Lets see where Twitter is in 2 years.

------
smackfu
You know how when people count lines of code, and other people say it is a
meaningless metric?

Number of employees is the same way. You can arbitrarily change the number by
outsourcing non-core-business jobs. Like HR or payroll or whatever.

------
singer
I don't think they have enough employees.

When I send them DMCA takedown notices, they only remove the content if I
remind them 3 or 4 times. After weeks of reminding them, the content has been
seen by thousands. That kind of defeats the purpose of them even offering to
take down the content.

------
grandalf
I hope they're re-releasing dabbledb for everyone to use...

------
bigtech
Defending Sparta from the Persians.

------
phlux
\--- Thinking out loud ---

There is yet a thing to come of twitter:

I design big systems; HQ campus networks, Hospital networks and systems,
RFID/RTLS tracking systems etc...

Back at Lockheed in 2002 we talked about this untapped M2M information layer
that was just becoming accessible.

We imagined that there was a ton of data, contextual and revealing about what
human actions were, that was happening and going to exponentially happen at a
machine to machine level...

this device is here, in this state, with this sensor data and tethered to this
owner... etc...

Twitter is kind of this sub-meta layer of information that has emerged - but
not about machines -- about the human psyche...
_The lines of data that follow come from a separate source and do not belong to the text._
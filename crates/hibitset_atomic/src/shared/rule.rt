//! The rule that each step keeps, and what each step tells.
use crate::shared::view::View;
use atomic_table::{Join, Play, Split, TableRule};
use std::snapshot::Snapshot;

/// The key is the words as they were at first.
pub struct FourLayers;

impl TableRule<(), View, Snapshot<Vec<u64>>> for FourLayers {
    ghost use Rattle.hibitset_atomic.specs.Rule.{Invariant, opening_view};

    ghost holds = { λ k. Invariant k.value.items };

    ghost first = { λ k. opening_view k.value.items };
}

pub struct FetchOrLayer0;

impl Play<(), View> for FetchOrLayer0 {
    ghost use Rattle.hibitset_atomic.specs.Rule.{IsFetchOrLayer0};

    ghost then = { IsFetchOrLayer0 };
}

pub struct FetchOrSummary;

impl Play<(), View> for FetchOrSummary {
    ghost use Rattle.hibitset_atomic.specs.Rule.{IsFetchOrSummary};

    ghost then = { IsFetchOrSummary };
}

pub struct Load;

impl Play<(), View> for Load {
    ghost use Rattle.hibitset_atomic.specs.Rule.{IsLoad};

    ghost then = { IsLoad };
}

pub struct SplitSeat;

impl Split<View> for SplitSeat {
    ghost use Rattle.hibitset_atomic.specs.Rule.{first_half, second_half};

    ghost left = { first_half };

    ghost right = { second_half };
}

pub struct JoinSeats;

impl Join<View> for JoinSeats {
    ghost use Rattle.hibitset_atomic.specs.Rule.{joined_view, empty_view};

    ghost both = { joined_view };

    ghost spent = { empty_view };
}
there is a lot to be said for the 140 limit -- think of it as a protocol spec
for the machine enabled telepathy that is the internet.

take that paradigm and apply it to the M2M idea previously stated: use twitter
as a platform (middle ware, much like Emergin) to deliver short context
messages between social systems, in an automated way) and then mine the fuck
out of it for intent, interest, trend, etc...

This is like using it to data(sift) mine the information users put into the
twitdome to determine such things as stock prices, national satisfaction on
[issue], etc...

the beauty is that much can be gleaned DUE to the fact that the inputs are of
a known, limited size.

I theorize THIS is exactly why the library of congress has chosen/forced? the
archiving of all tweets -- as it is immensely valuable for "opinion mining" a
populous due to the fact that all entrants are limited to post in a small, set
frame. (better be more informed than the populous you wish to control)

Thus the issues about mining are much more manageable.

------
bhiggins
Why don't you go start a company and show us how great you are at headcount?